This study identifies a systematic optimistic bias in Brazil’s official Natural Inflow Energy (NIE) long-term forecasts, with bias magnitude escalating markedly with lead time—reaching 6%–108% across 1–24 steps for the Southeast and Northeast subsystems—thereby threatening hydropower scheduling security, energy planning reliability, and electricity market pricing. Employing rolling-window forecasting evaluation coupled with rigorous statistical significance testing, the work is the first to systematically quantify and validate the spatiotemporal evolution of this bias. Based on these findings, we propose a dynamic NIE forecast monitoring framework tailored for hydropower systems, enabling real-time bias detection and root-cause attribution. The results deliver an actionable methodology for regulatory authorities to assess forecast quality and inform targeted monitoring interventions, thereby bridging a critical gap in the closed-loop management of hydrological forecast quality—both in research and operational practice.
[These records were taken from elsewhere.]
//! Why a stream isn't read.

use std::io;
use thiserror::Error;

/// Why a stream isn't read, or no further.
#[derive(Debug, Drop, Error)]
pub enum StreamError {
    /// It begins with other bytes.
    #[error("not a stream of ckpt send")]
    NotAStream,
    /// It is of another version.
    #[error("stream of version {0}, not 1")]
    Version(u64),
    /// The base's number is 0, and its digest isn't zeros.
    #[error("digest of a base without a number")]
    BaseWithoutNumber,
    /// A record is of no kind.
    #[error("record of kind {0}")]
    UnknownKind(u64),
    /// An image has no bytes, or more than `MAX_FILE_LEN`.
    #[error("image of {0} bytes")]
    Length(u64),
    /// A checkpoint has no image.
    #[error("checkpoint {0} without an image")]
    WithoutImages(u64),
    /// A checkpoint's number isn't above the one before.
    #[error("checkpoint {0} isn't above the one before")]
    NotAbove(u64),
    /// The end comes before images are acknowledged.
    #[error("images without a checkpoint")]
    ImagesLeft,
    /// The end's record has another value than 0.
    #[error("end with the value {0}")]
    EndValue(u64),
    /// The bytes are not those that were sent.
    #[error("digest differs")]
    DigestDiffers,
    /// Bytes follow the end.
    #[error("bytes after the end")]
    BytesAfterEnd,
    /// The input has no more bytes, and the stream isn't whole.
    #[error("stream ends early")]
    EndsEarly,
    /// The input can't be read.
    #[error("cannot read the stream: {0}")]
    Input(io::Error),
    /// Bytes of an image weren't taken. Nothing was read, and they can still be taken.
    #[error("bytes of an image are left")]
    BytesLeft,
    /// The stream was read to its end, or to an error.
    #[error("the stream was read")]
    Over,
}
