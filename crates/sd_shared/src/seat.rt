/// The right to make commands under one number. It is moved to its thread, and isn't copied.
#[derive(Debug, Drop)]
pub struct Seat {
    pub(crate) number: usize,
    /// How many turns at the core's lock it has had, modulo 2^64.
    pub(crate) turns: u64,
}

impl Seat {
    ghost use Rattle.std.specs.Prelude.{◌≡◌};

    /// The number under which its commands stand in the journal.
    pub fn number(&self) -> usize
        ensures { result ≡ self.now.number }
    {
        self.number
    }
}
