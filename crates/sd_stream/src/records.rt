//! The head of a stream, and of its records.
ghost use Rattle.std.specs.Prelude.{◌≡◌, ◌≢◌, ◌<◌, ◌≤◌, ◌^◌, ◌+◌, ◌++◌, length, take, drop, IsTrue, false};
ghost use Rattle.sd_stream.specs.Stream.{IsFileLength, base_digest, base_number, head_text, number_text, record_text};

use crate::base::Base;
use byteorder::{ByteOrder, LittleEndian};

/// The greatest length of an image's file in a stream, in bytes: 512 MiB.
pub const MAX_FILE_LEN: u64 = 536_870_912;

/// The first bytes of a stream.
pub(crate) const MAGIC: [u8; 8] = *b"ckptsend";

/// The version of the format.
pub(crate) const VERSION: u64 = 1;

/// The length of a record's head, in bytes.
pub(crate) const RECORD_SIZE: usize = 16;

/// The kind of a record: an image.
pub(crate) const IMAGE: u64 = 1;

/// The kind of a record: the images before it make a checkpoint.
pub(crate) const ACKNOWLEDGED: u64 = 2;

/// The kind of a record: the end.
pub(crate) const END: u64 = 3;

/// Whether an image's file may have so many bytes.
pub(crate) fn is_file_length(len: u64) -> bool
    ensures yes { IsTrue result → IsFileLength len }
    ensures no { result ≡ false → IsFileLength len → ⊥ }
{
    0 < len && len <= MAX_FILE_LEN
}

/// Whether the bytes are the same.
pub(crate) fn are_same(these: &[u8], those: &[u8]) -> bool
    ensures yes { IsTrue result → these.now ≡ those.now }
    ensures no { result ≡ false → these.now ≢ those.now }
{
    these == those
}

/// Writes a field at its place.
fn put(text: &mut [u8], place: usize, field: &[u8])
    requires { place + length field.now ≤ length text.old }
    ensures text { text.new
        ≡ take place text.old ++ field.now ++ drop (place + length field.now) text.old }
    ensures length { length text.new ≡ length text.old }
{
    text[place..place + field.len()].copy_from_slice(field);
}

/// The head of a record.
pub(crate) fn record_bytes(kind: u64, value: u64) -> [u8; RECORD_SIZE]
    ensures { result ≡ record_text kind value }
{
    let mut text = [0; RECORD_SIZE];
    put(&mut text, 0, &kind.to_le_bytes());
    put(&mut text, 8, &value.to_le_bytes());
    text
}

/// The base's number, or 0.
pub(crate) fn number_of(base: &Option<Base>) -> u64
    ensures { result ≡ base_number base.now }
{
    match base {
        Some(base) => base.number,
        None => 0,
    }
}

/// The digest of the base's memory, or zeros.
fn digest_of(base: &Option<Base>) -> [u8; 32]
    ensures digest { result ≡ base_digest base.now }
    ensures length { length result ≡ 32 }
{
    match base {
        Some(base) => owned(base.digest),
        None => [0; 32],
    }
}

/// The digest itself, which has 32 bytes.
fn owned(digest: [u8; 32]) -> [u8; 32]
    ensures digest { result ≡ digest }
    ensures length { length result ≡ 32 }
{
    digest
}

/// The head of a stream.
pub(crate) fn head_bytes(base: &Option<Base>) -> [u8; 56]
    ensures text { result ≡ head_text base.now }
    ensures number { base_number base.now < 2 ^ 64 }
    ensures digest { length (base_digest base.now) ≡ 32 }
{
    let mut text = [0; 56];
    put(&mut text, 0, &MAGIC);
    put(&mut text, 8, &VERSION.to_le_bytes());
    put(&mut text, 16, &number_of(base).to_le_bytes());
    put(&mut text, 24, &digest_of(base));
    text
}

/// The number in the first eight bytes.
pub(crate) fn number_in(bytes: &[u8]) -> u64
    requires { 8 ≤ length bytes.now }
    ensures { take 8 bytes.now ≡ number_text result }
{
    LittleEndian::read_u64(bytes)
}

/// The kind and the value in the head of a record.
pub(crate) fn record_in(head: &[u8]) -> (u64, u64)
    requires { length head.now ≡ 16 }
    ensures { head.now ≡ record_text result.0 result.1 }
{
    let (kind, value) = head.split_at(8);
    (number_in(kind), number_in(value))
}
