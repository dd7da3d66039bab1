//! The head of a stream, read.
ghost use Rattle.std.specs.Prelude.{◌≡◌, ◌++◌, length, IfErr, IfOk, IfSome, OnOk};
ghost use Rattle.std.specs.Io.KnownBytes.{Consumes};
ghost use Rattle.sd_stream.specs.Stream.{IsBase, base_text, head_text, magic_text, number_text};
ghost use Rattle.sd_stream.specs.Reading.{IsFrontFault, IsHeadFault, IsNumberless};

use crate::base::Base;
use crate::pieces::read_piece;
use crate::records::{MAGIC, VERSION, are_same, number_in};
use crate::stream_error::StreamError;
use std::io::Read;

/// Reads the head of a stream.
pub(crate) fn read_head<R: Read>(input: &mut R) -> Result<Option<Base>, StreamError>
    ensures base { IfOk result IsBase }
    ensures text { IfOk result (λ base.
        Consumes (R.remaining input.old) (R.remaining input.new) (head_text base)) }
    ensures fault { IfSome (R.remaining input.old) (λ rest. IfErr result (IsHeadFault rest)) }
{
    let mut front = [0; 16];
    read_piece(input, &mut front)?;
    check_front(&front)?;
    let mut text = [0; 40];
    read_piece(input, &mut text)?;
    let base = base_in(&text)?;
    Ok(base)
}

/// Whether the bytes are those of a stream of this version.
fn check_front(front: &[u8]) -> Result<(), StreamError>
    requires { length front.now ≡ 16 }
    ensures ok { OnOk result (front.now ≡ magic_text ++ number_text 1) }
    ensures fault { IfErr result (IsFrontFault front.now) }
{
    let (magic, version) = front.split_at(8);
    if !are_same(magic, &MAGIC) {
        return Err(StreamError::NotAStream);
    }
    let version = number_in(version);
    if version != VERSION {
        return Err(StreamError::Version(version));
    }
    Ok(())
}

/// The base, as a head has it.
fn base_in(text: &[u8]) -> Result<Option<Base>, StreamError>
    requires { length text.now ≡ 40 }
    ensures base { IfOk result (λ base. IsBase base × (text.now ≡ base_text base)) }
    ensures fault { IfErr result (IsNumberless text.now) }
{
    let (number, text) = text.split_at(8);
    let number = number_in(number);
    let mut digest = [0; 32];
    digest.copy_from_slice(text);
    if number > 0 {
        return Ok(Some(Base { number, digest }));
    }
    if !are_same(&digest, &[0; 32]) {
        return Err(StreamError::BaseWithoutNumber);
    }
    Ok(None)
}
Hydroelectricity accounted for roughly 66% of the total generation in Brazil in 2023 and addressed most of the intermittency of wind and solar generation. Thus, one of the most important steps in the operation planning of this country is the forecast of the natural inflow energy (NIE) time series, an approximation of the energetic value of the water inflows. To manage water resources over time, the Brazilian system operator performs long-term forecasts for the NIE to assess the water values through long-term hydrothermal planning models, which are then used to define the short-term merit order in day-ahead scheduling. Therefore, monitoring optimistic bias in NIE forecasts is crucial to prevent an optimistic view of future system conditions and subsequent riskier storage policies. In this article, we investigate and showcase strong evidence of an optimistic bias in the official NIE forecasts, with predicted values consistently exceeding the observations over the past 12 years in the two main subsystems (Southeast and Northeast). Rolling window out-of-sample tests conducted with real data demonstrate that the official forecast model exhibits a statistically significant bias of 6%, 13%, 18%, and 23% for 1, 6, 12, and 24 steps ahead in the Southeast subsystem, and 19%, 57%, 80%, and 108% in the Northeast.